Friday 19 January 2007

Eleanor Parker


Voluptuousness is the form of beauty that registers quickest on the eye because in its puffiness we also identify something of the absurd. The first look is always paradoxical. No actress has brought to the screen the living simplicity of this idea better than Eleanor Parker, who is at her most ravishing in Scaramouche (George Sidney, 1952), in which she plays the lovelorn actress, Lenore. A better name could not be imagined for a figure of misplaced passions. Working as the raucous lead player in a comedy troop in pre-revolutionary Paris, she falls in love with her co-star, the dashing Andre-Louis Moreau (Stewart Granger), whose fine swordplay and garish mask earns him the soubriquet ‘Scaramouche’. All goes as well as one who is in love with a restless man can dare to hope for, until he inevitably falls for the more noble charms of Aline de Gavrillac de Bourbon (Janet Leigh). The choice makes you wonder if he is a fighter rather than a lover.
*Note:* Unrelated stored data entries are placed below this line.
// How many levels the literals of a clause are of.
ghost use Rattle.std.specs.Prelude.{◌≡◌, ◌≤◌, ◌+◌, IfOk, length};
ghost use Rattle.lls_analyse.specs.Valued.{HaveValues};

use lls_base::Memory;
use lls_lit::{Lit, Var};
use lls_store::Trail;
use std::alloc::Global;

/// A stamp by level, for counting levels: a level was met where its stamp is the newest.
#[derive(Debug, Drop)]
pub(crate) struct LevelStamps {
    pub(crate) stamps: Vec<u32>,
    stamp: u32,
}

impl LevelStamps {
    /// For the levels that trails of so many variables have. No other call takes memory.
    pub(crate) fn new(alloc: Global, vars: u32) -> Result<LevelStamps, Memory>
        requires { vars ≤ Var.MOST }
        ensures { IfOk result (λ levels. length levels.stamps.items ≡ vars + 1) }
    {
        let stamps = vec![in alloc; 0; vars as usize + 1]?;
        Ok(LevelStamps { stamps, stamp: 0 })
    }

    /// The glue of a clause whose literals have values: how many levels they are of.
    pub(crate) fn glue(&mut self, trail: &Trail, lits: &[Lit]) -> usize
        requires stamps { length self.old.stamps.items ≡ trail.now.vars + 1 }
        requires have_values { HaveValues trail.now.entries lits.now }
        ensures stamps { length self.new.stamps.items ≡ length self.old.stamps.items }
        ensures most { result ≤ length lits.now }
    {
        // What holds of every trail is known from here on.
        trail.current();
        // After 2^32 clauses a stamp is used again.
        self.stamp = self.stamp.wrapping_add(1);
        let mut glue = 0;
        for lit in lits {
            let level = trail.known_level(lit.var()) as usize;
            if self.stamps[level] != self.stamp {
                self.stamps[level] = self.stamp;
                glue += 1;
            }
        }
        glue
    }
}
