/// The parameters of a control sequence (ECMA-48, section 5.4), at most sixteen. A default is stored
/// as 65,535, and so is every place from `count` on.
#[derive(Clone, Copy, Debug, PartialEq, Eq)]
pub struct Params {
    pub values: [u16; 16],
    pub count: u8,
}

/// A control function or a character, as the screen is given it (ECMA-48).
#[derive(Clone, Copy, Debug, PartialEq, Eq)]
pub enum Control {
    /// A character to be printed.
    Print(char),
    /// A control character of the C0 set, by its code.
    Code(u8),
    /// An escape sequence without intermediate bytes, by its final byte.
    Esc(u8),
    /// A control sequence without intermediate bytes. It is private where its parameters begin
    /// with `?`.
    Csi {
        private: bool,
        params: Params,
        last: u8,
    },
}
Scaramouche is said to have the longest sword fight in film history, between Moreau and his arch enemy, the Marquis de Maynes (Mel Ferrer). It also flirts with revolutionary politics, revenge, betrayal, and incest, but it is happier for you to name those words in your thoughts as you watch rather than to develop their consequences. It’s a swashbuckler, and if the exhuberance of the way it is filmed doesn’t sweep you off your feet then the lush charm and longing gaze of Eleanor Parker surely will. With Scaramouche, Technicolour’s potential to illuminate the vibrant structural detail of the human form is beautifully realised: with pitching red lips and rouged cheeks, wavy auburn hair, and a gorgeous crimson dress that clings timidly to her full figure, it’s entirely forgivable to reason with the film that Lenore could captivate Napoleon Bonaparte. Even Josephine would have marvelled.